» ENTRIES SUPPLIED
____________________

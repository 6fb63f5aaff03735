//! Times that are as long as none at all.

ghost use Rattle.std.specs.Prelude.{◌≡◌, ◌↔◌, IsTrue, option_map};
ghost use Rattle.toml.specs.View.{view};
ghost use Rattle.nextest_config_profiles.specs.Report.NoLimit.{is_period, is_time, IsNoLimit, IsVeryLong, IsVeryLongText};

use nextest_config_elements::field::Shape;
use nextest_config_elements::slow_timeout::SlowTimeout;
use nextest_config_values::duration::parse_duration;
use toml::Value;

/// Whether the value of a setting, or of a member of its table, is a time that no test reaches.
pub(crate) fn is_no_limit(shape: Shape, member: Option<&str>, value: &Value) -> bool
    ensures { IsTrue result
        ↔ IsNoLimit shape (option_map (λ key. key.now) member.entry) (view value.now) }
{
    is_time(shape) & is_period(member) & is_very_long(value)
}

// Whether a setting is a time.
fn is_time(shape: Shape) -> bool
    ensures { result ≡ is_time shape }
{
    matches!(
        shape,
        Shape::SlowTimeout | Shape::LeakTimeout | Shape::Duration
    )
}

// Whether a member, or without one the whole setting, is the time itself.
fn is_period(member: Option<&str>) -> bool
    ensures { result ≡ is_period (option_map (λ key. key.now) member.entry) }
{
    match member {
        Some(key) => key == "period",
        None => true,
    }
}

// Whether the value is a duration of about 30 years or more.
fn is_very_long(value: &Value) -> bool
    ensures { IsTrue result ↔ IsVeryLong (view value.now) }
{
    match value.as_str() {
        Some(text) => is_very_long_text(text),
        None => false,
    }
}

// Whether the text writes a duration of about 30 years or more.
fn is_very_long_text(text: &str) -> bool
    ensures { IsTrue result ↔ IsVeryLongText text.now }
{
    match parse_duration(text) {
        Ok(duration) => duration.as_nanos() >= SlowTimeout::very_large().period.as_nanos(),
        Err(_) => false,
    }
}
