//! The settings that are told, as the table of keys has them.

ghost use Rattle.std.specs.Prelude.{◌≡◌, ◌++◌, IfOk, map, OnOk};
ghost use Rattle.nextest_config_elements.specs.Fields.{absent_of, fields_view, parts_of};
ghost use Rattle.nextest_config_profiles.specs.Reach.{words_of};
ghost use Rattle.nextest_config_profiles.specs.Report.Setting.{all_settings, fields_below, is_setting, member_of, parts_in, rule_of, rule_owned, settings_at, table_fields};

use crate::report::keys::with_key;
use nextest_config_elements::field::{Absent, Field, Literal, Parts, Shape};
use nextest_config_elements::keys::profile_fields;
use nextest_config_lint::fields_in;
use std::alloc::{AllocError, Global};

/// A setting: its path below a profile, and its row in the table of keys.
#[derive(Clone, Copy)]
pub(crate) struct KnownSetting<'s> {
    pub keys: &'s [&'static str],
    pub field: &'static Field,
}

impl KnownSetting<'_> {
    /// The fields of its own table, if it may have one.
    pub(crate) fn members(self) -> &'static [Field]
        ensures { map member_of result.now ≡ (rule_of self.entry).members }
    {
        fields_below(&self.field.parts)
    }
}

/// A setting that owns its path.
#[derive(Drop)]
pub(crate) struct OwnedSetting {
    keys: Vec<&'static str>,
    field: &'static Field,
}

impl OwnedSetting {
    /// The setting, as it is lent.
    pub(crate) fn lent(&self) -> KnownSetting<'_>
        ensures { rule_of result ≡ rule_owned self.now }
    {
        KnownSetting {
            keys: self.keys.as_slice(),
            field: self.field,
        }
    }
}

/// All settings: first those of a profile itself, then those in its tables.
pub(crate) fn all_settings(alloc: Global) -> Result<Vec<OwnedSetting>, AllocError>
    ensures { IfOk result (λ settings. map rule_owned settings.items ≡ all_settings) }
{
    let fields = profile_fields();
    let mut settings = Vec::new(alloc);
    push_settings(alloc, &[], fields, &mut settings)?;
    for field in fields {
        let inner = table_fields(field);
        if !inner.is_empty() {
            push_settings(alloc, &[field.key], inner, &mut settings)?;
        }
    }
    Ok(settings)
}

// Pushes the settings among the fields of the table at these keys of a profile.
fn push_settings(
    alloc: Global,
    above: &[&'static str],
    fields: &'static [Field],
    settings: &mut Vec<OwnedSetting>,
) -> Result<(), AllocError>
    ensures { OnOk result (map rule_owned settings.new.items ≡ map rule_owned settings.old.items
        ++ settings_at (words_of above.now) (fields_view fields.now)) }
{
    for field in fields {
        if is_setting(above, field.absent) {
            let keys = with_key(alloc, above, field.key)?;
            settings.push(OwnedSetting { keys, field })?;
        }
    }
    Ok(())
}

/// Whether a field of the table at these keys of a profile is a setting, where this stands for it:
/// the profile inherits it, and of the profile itself nextest sets a value, too.
pub(crate) fn is_setting(above: &[&str], absent: Absent) -> bool
    ensures { result ≡ is_setting (words_of above.now) (absent_of absent) }
{
    match absent {
        Absent::Inherited(Literal::Nothing) => !above.is_empty(),
        Absent::Inherited(_) => true,
        Absent::Taken(_) | Absent::OfProfile => false,
    }
}

/// The fields of a plain table.
pub(crate) fn table_fields(field: &Field) -> &'static [Field]
    ensures { fields_view result.now
        ≡ table_fields (member_of field.now).shape (parts_in field.now) }
{
    match field.shape {
        Shape::Table => fields_in(&field.parts),
        _ => &[],
    }
}

/// The fields of a table, or of the tables in an array; of `retries` those without a backoff.
pub(crate) fn fields_below(parts: &Parts) -> &'static [Field]
    ensures { fields_view result.now ≡ fields_below (parts_of parts.now) }
{
    match parts {
        Parts::Fields(fields) => fields,
        Parts::Retries { open, .. } => open,
        Parts::Elements(_, each) => fields_in(each),
        _ => &[],
    }
}
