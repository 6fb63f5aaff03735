//! The parts of a report on a profile: its settings, what else it has, and what overrides may
//! change.

use std::time::Duration;
use toml::Value;
use toml_spans::Place;

/// A profile of a chain.
#[derive(Clone, Copy)]
pub struct ChainProfile<'a> {
    pub name: &'a str,
    /// Where a file says what it inherits from. What `default` has there doesn't count.
    pub inherits: Option<Source<'a>>,
}

/// A value, and how TOML writes it on one line.
#[derive(Drop)]
pub struct Literal {
    pub value: Value,
    pub text: String,
}

/// Where a value stands: a profile has it, in a file or as nextest sets it itself.
#[derive(Clone, Copy)]
pub struct Source<'a> {
    pub profile: &'a str,
    /// `None`: nextest sets it itself.
    pub file: Option<FilePlace<'a>>,
}

/// A file, and where something begins in it.
#[derive(Clone, Copy)]
pub struct FilePlace<'a> {
    pub path: &'a str,
    /// `None` where the index of the file is that of another text, which has no such path.
    pub place: Option<Place>,
}

/// What is told of a key of a setting.
#[derive(Drop)]
pub struct Row<'a> {
    /// The path of the key, below the profile.
    pub keys: Vec<&'a str>,
    pub state: KeyState<'a>,
    /// What this hides, the highest first.
    pub hidden: Vec<Hidden<'a>>,
}

/// What a key of a setting has.
#[derive(Drop)]
pub enum KeyState<'a> {
    /// This value, from there.
    Value {
        literal: Literal,
        source: Source<'a>,
        remark: Remark,
    },
    /// This value, from there, of a setting with a duration that isn't judged here; or one that
    /// nextest may convert, or with which something is wrong by its documentation alone.
    NotJudged {
        literal: Literal,
        source: Source<'a>,
    },
    /// What the reader of the table takes where the key is absent.
    Default(Literal),
    /// What the reader of a table takes for a key, where a text or a number stands for the table.
    Implied(Literal),
    /// Nothing gives it.
    Unset,
    /// The empty text there takes away what nextest sets itself.
    NoValue(Source<'a>),
    /// The reader refuses what the merged files have there.
    Fault {
        /// What is wrong.
        message: String,
        /// Where the parts of the value stand.
        sources: Vec<FaultSource<'a>>,
    },
}

/// What is remarked of a value.
#[derive(Clone, Copy)]
pub enum Remark {
    Nothing,
    /// It is a time as long as none at all.
    NoLimit,
    /// It is the number of periods after which a slow test is terminated: after so long.
    TerminatedAfter(Duration),
}

/// Where a part of a value that is refused stands.
#[derive(Drop)]
pub struct FaultSource<'a> {
    /// The path of its key, below the profile.
    pub keys: Vec<&'a str>,
    pub source: Source<'a>,
}

/// A value that doesn't count, since another one lies above it.
#[derive(Drop)]
pub struct Hidden<'a> {
    /// The path of its key, below the profile.
    pub keys: Vec<&'a str>,
    pub literal: Literal,
    pub source: Source<'a>,
}

/// What a profile has at a key that no setting here reads.
#[derive(Drop)]
pub struct OtherKey<'a> {
    pub key: &'static str,
    pub literal: Literal,
    pub source: Source<'a>,
}

/// An override, which sets keys for the tests that it selects.
#[derive(Drop)]
pub struct Override<'a> {
    /// Where it begins.
    pub source: Source<'a>,
    pub filter: Option<Literal>,
    pub platform: Option<Literal>,
    /// The other keys that it has.
    pub settings: Vec<OverrideSetting>,
}

/// A key that an override sets.
#[derive(Drop)]
pub struct OverrideSetting {
    pub key: &'static str,
    pub literal: Literal,
}

/// What is wrong with a setting of a profile that doesn't give it to the one that is asked for.
#[derive(Drop)]
pub struct OtherProfileFault<'a> {
    pub profile: &'a str,
    /// The path of the setting, below the profile.
    pub keys: Vec<&'a str>,
    /// What is wrong.
    pub message: String,
    /// Where the parts of the value stand.
    pub sources: Vec<FaultSource<'a>>,
}
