//! Values that are told as they are written.

ghost use Rattle.std.specs.Prelude.{◌≡◌, ◌↔◌, IfOk, IsTrue};
ghost use Rattle.nextest_config_values.specs.Read.{only};
ghost use Rattle.toml.specs.View.{view};
ghost use Rattle.nextest_config_profiles.specs.Reach.{words_of};
ghost use Rattle.nextest_config_profiles.specs.Report.Written.{is_documented, IsDoubted, IsWrongAt};

use nextest_config_elements::field::FaultSeverity;
use nextest_config_lint::is_right_at;
use nextest_config_values::read::{FromToml, ValueFault};
use std::alloc::{AllocError, Global};
use toml::Value;

/// That there is a value, whatever it is.
#[derive(Drop)]
pub(crate) struct Written;

impl FromToml for Written {
    ghost Seen = { Unit {0} };

    ghost seen = { λ written. tt {0} };

    ghost reading = { only (tt {0}) };

    fn read_value(_: Global, _: &Value) -> Result<Self, ValueFault> {
        Ok(Written)
    }
}

/// Whether a setting is known from nextest's documentation alone, and something is wrong with the
/// value at these keys of a profile.
pub(crate) fn is_doubted(
    alloc: Global,
    severity: FaultSeverity,
    keys: &[&str],
    value: &Value,
) -> Result<bool, AllocError>
    ensures { IfOk result
        (λ doubted. IsTrue doubted ↔ IsDoubted severity (words_of keys.now) (view value.now)) }
{
    if is_documented(severity) {
        return is_wrong_at(alloc, keys, value);
    }
    Ok(false)
}

/// Whether a setting is known from nextest's documentation alone.
pub(crate) fn is_documented(severity: FaultSeverity) -> bool
    ensures { result ≡ is_documented severity }
{
    matches!(severity, FaultSeverity::Warning)
}

// Whether something is wrong with the value at a key of a profile.
fn is_wrong_at(alloc: Global, keys: &[&str], value: &Value) -> Result<bool, AllocError>
    ensures { IfOk result
        (λ wrong. IsTrue wrong ↔ IsWrongAt (words_of keys.now) (view value.now)) }
{
    match keys {
        [key, ..] => Ok(!is_right_at(alloc, key, value)?),
        [] => Ok(false),
    }
}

____________________

» PROBLEM STATEMENT
If the string "those" is in a line of the entries, pick that line out.

» COMPLETED TASK
/// All settings: first those of a profile itself, then those in its tables.
/// The fields of a table, or of the tables in an array; of `retries` those without a backoff.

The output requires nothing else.